Everyone knows that you should filter your inputs most of the good programmers do it but when you are working with a large team of programmers on an open source project things slip up, errors do creep in, at times like this you wish for a mechanism which would prevent your team from making such mistakes, some thing which forces them to declare their intent.
Obviously I am not the first one to wish for it, in fact people have worked a lot on this. Probably the best known solution for this is the inbuilt input_filter extension for PHP >= 5.2 written by none other than Rasmus himself. Sadly this is turned off by default and it is V5 only (yes, I know about V4 end of life and all that). Another notable solution appeared in the form of Zend_Filter_Input component by Chris Shiflett and was a part of the Zend Framework.
Last week I stumbled upon Inspekt which has been derived from the code in Zend_Filter_input and provides the functionality which I was wishing for! To quote from the web page
Inspekt acts as a sort of ‘firewall’ API between user input and the rest of the application. It takes PHP superglobal arrays, encapsulates their data in an “cage” object, and destroys the original superglobal. Data can then be retrieved from the input data object using a variety of accessor methods that apply filtering, or the data can be checked against validation methods. Raw data can only be accessed via a ‘getRaw()’ method, forcing the developer to show clear intent.

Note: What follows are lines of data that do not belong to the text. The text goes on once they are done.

//! The store of terms.
ghost use Rattle.std.specs.Prelude.{◌≡◌, [], ◌∷◌, ◌++◌, ◌<◌, ◌^◌, ℕ, length, ◌↔◌, IsTrue, IfOk, IfSome, IfNone, MatchOption, OnOk, OnErr, All};
ghost use Rattle.qterm.specs.Tree.{Tree, sort_of, IsLawful, HasNameTexts};
ghost use Rattle.qterm.specs.Store.{tree_at, grow, Has, HasSort, Fits, Shows, Extends, Adds, IsDistinct};
ghost use Rattle.qterm.specs.Kids.{ids};
ghost use Rattle.qterm.specs.Place.{IsAt, IsAbsent, IsPlaced, IsNamed, Stands};

use crate::name::Sort;
use crate::part::{Node, copied, find};
use crate::shared::Shared;
use crate::term::{Term, TermId, TermIds};
use indexmap::IndexSet;
use std::alloc::{AllocError, Global};
use std::marker::Model;

/// Terms that are shared and numbered: contracts see the list of their trees, in the order of their ids.
///
/// A store holds fewer than 2^32 terms, no tree twice, and only trees whose sorts are right. Its first terms may stand in
/// parts that other stores have too, and the others stand in a part of its own.
#[derive(Drop)]
pub struct Store {
    shared: Shared,
    own: IndexSet<Node>,
}

impl Model for Store {
    ghost use Rattle.std.specs.Prelude.{List, [], ◌++◌};
    ghost use Rattle.qterm.specs.Tree.{Tree};
    ghost use Rattle.qterm.specs.Code.{coded_tree};
    ghost use Rattle.std.specs.Coded.{coded_list};

    ghost Value = { List Tree };

    ghost coded = { coded_list coded_tree };

    ghost use Rattle.qterm.specs.Place.{grown, AreStored};

    ghost view = { λ s. grown [] (s.shared ++ s.own.keys) };

    ghost invariant = { λ s. AreStored (s.shared ++ s.own.keys) };
}

/// The most terms that a store holds.
const MOST: usize = 4_294_967_295;

impl Store {
    /// An empty store, which takes no memory.
    pub fn new(alloc: Global) -> Store
        ensures { result ≡ [] }
    {
        Store {
            shared: Shared::new(alloc),
            own: IndexSet::new(alloc),
        }
    }

    /// A store with the same trees under the same ids. What either interns later isn't seen by the other.
    ///
    /// From here on the two share their terms, so that the cost doesn't grow with their number. After want of memory this
    /// store shows what it showed before.
    pub fn layer(&mut self) -> Result<Store, AllocError>
        ensures same { self.new ≡ self.old }
        ensures layer { IfOk result (λ s. s ≡ self.old) }
    {
        self.shared.freeze(&mut self.own)?;
        let alloc = *self.own.allocator();
        Ok(Store {
            shared: self.shared.share()?,
            own: IndexSet::new(alloc),
        })
    }

    /// A store with the same trees under the same ids. What either interns later isn't seen by the other.
    ///
    /// The cost grows with the number of terms that this store had interned since its last layer was made.
    pub fn copy(&self) -> Result<Store, AllocError>
        ensures { IfOk result (λ s. s ≡ self.now) }
    {
        Ok(Store {
            shared: self.shared.share()?,
            own: copied(&self.own)?,
        })
    }

    /// How many terms there are. Their ids are the numbers below.
    #[tactic(auto, using(crate::proofs::Grown::length_grown))]
    pub fn size(&self) -> usize
        ensures size { result ≡ length self.now }
        ensures small { length self.now < 2 ^ 32 }
    {
        self.shared.len() + self.own.len()
    }

    /// Whether the id is one of this store.
    pub fn has(&self, id: TermId) -> bool
        ensures { IsTrue result ↔ Has self.now id }
    {
        id.index() < self.size()
    }

    /// The node of an id.
    fn node(&self, id: TermId) -> &Node
        requires has { Has self.now id }
        ensures { Stands self.now id result.now }
    {
        let at = id.index();
        let before = self.shared.len();
        if at < before {
            self.shared.node(at)
        } else {
            &self.own.as_slice()[at - before]
        }
    }

    /// The term of an id. Its children are older terms of this store.
    pub fn view(&self, id: TermId) -> &Term
        requires has { Has self.now id }
        ensures tree { tree_at self.now id ≡ grow self.now result.now }
        ensures fits { Fits self.now result.now }
        ensures older { All (λ child. child < id) (ids result.now) }
        ensures lawful { IsLawful (tree_at self.now id) }
    {
        let _own = &self.own;
        &self.node(id).term
    }

    /// The sort of the term of an id.
    pub fn sort(&self, id: TermId) -> Sort
        requires has { Has self.now id }
        ensures { result ≡ sort_of (tree_at self.now id) }
    {
        self.node(id).sort
    }

    /// Two ids of a store mean two trees: comparing ids is comparing trees.
    pub fn is_distinct(&self)
        ensures { IsDistinct self.now }
    {
        let _own = &self.own;
    }

    /// The sorts of each tree of a store are right.
    pub fn is_lawful(&self)
        ensures { All IsLawful self.now }
    {
        let _own = &self.own;
    }

    /// The names in each tree of a store have texts that `Name::allows`.
    pub fn has_name_texts(&self)
        ensures { All HasNameTexts self.now }
    {
        let _own = &self.own;
    }

    /// Whether the id is one of this store, and its term has the sort.
    fn has_sort(&self, id: TermId, sort: Sort) -> bool
        ensures { IsTrue result ↔ HasSort sort self.now id }
    {
        self.has(id) && self.sort(id) == sort
    }

    /// Whether all ids are ones of this store, and their terms have the sort.
    fn all_have_sort(&self, ids: &TermIds, sort: Sort) -> bool
        ensures { IsTrue result ↔ All (HasSort sort self.now) ids.now }
    {
        for id in ids.as_slice() {
            if !self.has_sort(*id, sort) {
                return false;
            }
        }
        true
    }

    /// Whether the children of the term are terms of this store, and their sorts are right.
    pub fn fits(&self, term: &Term) -> bool
        ensures { IsTrue result ↔ Fits self.now term.now }
    {
        match term {
            Term::True | Term::False | Term::Var(_) | Term::Num(_) => true,
            Term::Sum(all) => self.all_have_sort(all, Sort::Int),
            Term::Scale(_, a) => self.has_sort(*a, Sort::Int),
            Term::Le(a, b) | Term::Eq(a, b) => self.has_sort(*a, Sort::Int)
                && self.has_sort(*b, Sort::Int),
            Term::Iff(a, b) => self.has_sort(*a, Sort::Bool) && self.has_sort(*b, Sort::Bool),
            Term::Not(a) => self.has_sort(*a, Sort::Bool),
            Term::And(all) | Term::Or(all) => self.all_have_sort(all, Sort::Bool),
            Term::Ite(condition, a, b) => self.has_sort(*condition, Sort::Bool)
                && self.has(*a)
                && self.has_sort(*b, self.sort(*a)),
        }
    }

    /// The sort of a term over terms of this store.
    fn sort_over(&self, term: &Term) -> Sort
        requires fits { Fits self.now term.now }
        ensures { result ≡ sort_of (grow self.now term.now) }
    {
        match term {
            Term::Num(_) | Term::Sum(_) | Term::Scale(_, _) => Sort::Int,
            Term::Var(name) => name.sort(),
            Term::Ite(_, a, _) => self.sort(*a),
            _ => Sort::Bool,
        }
    }

    /// The id of the term's tree, if the tree is there. The store stays as it is.
    pub fn find(&self, term: Term) -> Option<TermId>
        requires fits { Fits self.now term }
        ensures found { IfSome result (λ id. Shows self.now id (grow self.now term)) }
        ensures absent { IfNone result ((id : ℕ) → Shows self.now id (grow self.now term) → ⊥) }
    {
        let sort = self.sort_over(&term);
        match place_known(&self.shared, &self.own, &Node { term, sort }) {
            Some(at) => Some(TermId::new(at)),
            None => None,
        }
    }

    /// The id of the term's tree: the old one where the tree is there, and else a new one, which comes last.
    ///
    /// After want of memory the store shows what it showed before. A store that would come to hold 2^32 terms answers want
    /// of memory.
    pub fn intern(&mut self, term: Term) -> Result<TermId, AllocError>
        requires fits { Fits self.old term }
        ensures shows { IfOk result (λ id. Shows self.new id (grow self.old term)) }
        ensures adds { OnOk result (Adds self.old (grow self.old term) self.new) }
        ensures extends { Extends self.old self.new }
        ensures err { OnErr result (self.new ≡ self.old) }
    {
        let sort = self.sort_over(&term);
        is_named(&term);
        let at = place(&self.shared, &mut self.own, Node { term, sort })?;
        Ok(TermId::new(at))
    }
}

/// The place of a node in the shared parts and then the own one.
fn place_known(shared: &Shared, own: &IndexSet<Node>, node: &Node) -> Option<u32>
    requires small { length (shared.now ++ own.now.keys) < 2 ^ 32 }
    ensures { MatchOption result (IsAbsent (shared.now ++ own.now.keys) node.now) (λ at. IsAt (shared.now ++ own.now.keys) node.now at) }
{
    match shared.find(node) {
        Some(at) => Some(at as u32),
        None => match find(own, node) {
            Some(at) => Some((shared.len() + at) as u32),
            None => None,
        },
    }
}

/// A term that is a name has a text that `Name::allows`.
fn is_named(term: &Term)
    ensures { IsNamed term.now }
{
    if let Term::Var(name) = term {
        let _text = name.text();
    }
}

/// The place of a node, which goes last where it is new.
fn place(shared: &Shared, own: &mut IndexSet<Node>, node: Node) -> Result<u32, AllocError>
    requires small { length (shared.now ++ own.old.keys) < 2 ^ 32 }
    ensures ok { IfOk result (λ at. IsPlaced (shared.now ++ own.old.keys) node at (shared.now ++ own.new.keys)) }
    ensures err { OnErr result (own.new.keys ≡ own.old.keys) }
{
    match shared.find(&node) {
        Some(at) => Ok(at as u32),
        None => place_behind(shared, own, node),
    }
}

/// The place of a node that no shared part has.
fn place_behind(shared: &Shared, own: &mut IndexSet<Node>, node: Node) -> Result<u32, AllocError>
    requires small { length (shared.now ++ own.old.keys) < 2 ^ 32 }
    requires absent { IsAbsent shared.now node }
    ensures ok { IfOk result (λ at. IsPlaced (shared.now ++ own.old.keys) node at (shared.now ++ own.new.keys)) }
    ensures err { OnErr result (own.new.keys ≡ own.old.keys) }
{
    let before = shared.len();
    if before + own.len() >= MOST {
        return place_old(shared, own, &node);
    }
    let (at, _) = own.insert_full(node)?;
    Ok((before + at) as u32)
}

/// The place of a node that no shared part has, if it is there.
fn place_old(shared: &Shared, own: &IndexSet<Node>, node: &Node) -> Result<u32, AllocError>
    requires small { length (shared.now ++ own.now.keys) < 2 ^ 32 }
    ensures { IfOk result (λ at. IsPlaced (shared.now ++ own.now.keys) node.now at (shared.now ++ own.now.keys)) }
{
    match find(own, node) {
        Some(at) => Ok((shared.len() + at) as u32),
        None => Err(AllocError),
    }
}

Using Inspekt is quite simple
$cage_POST = Inspekt::makePostCage();
$userid = $cage_POST->getInt('userid');
Get the basic library in your application, create cage objects for super globals and then they can (should!) be accessed only using one of the access methods of the cage object. Read more about usage on this page http://code.google.com/p/inspekt/wiki/BasicUsage
One thing which is missing from that page is the list of accessor methods – yeah it says coming soon but don’t be disheartened – the download has a copy of phpdoc generated documentation which is enough to get you started. In brief they are
getAlnum – Returns only the alphabetic characters and digits in value.
getAlpha – Returns only the alphabetic characters in value.
getDigits – Returns only the digits in value. This differs from getInt().
getDir – Returns dirname(value).
getInt – Returns (int) value.
getPath – Returns realpath(value).
getRaw – Returns the Raw value.
Another scenario where I find “firewall” type input filters handy are when I am straddled with legacy code and now want to make it secure ASAP. The approach to this would be same as that for setting up a firewall for a server. If I were using Inspekt in in such a case the first step would be to cage *all* the super globals and then run the application – obviously there will be a lot of errors, you then start poking appropriate holes in your input firewall – in the end you will have to refactor the code where you were forced to use getRaw() method for whatever reasons…. Yes it is still an awful lot of work but now it is much more easier!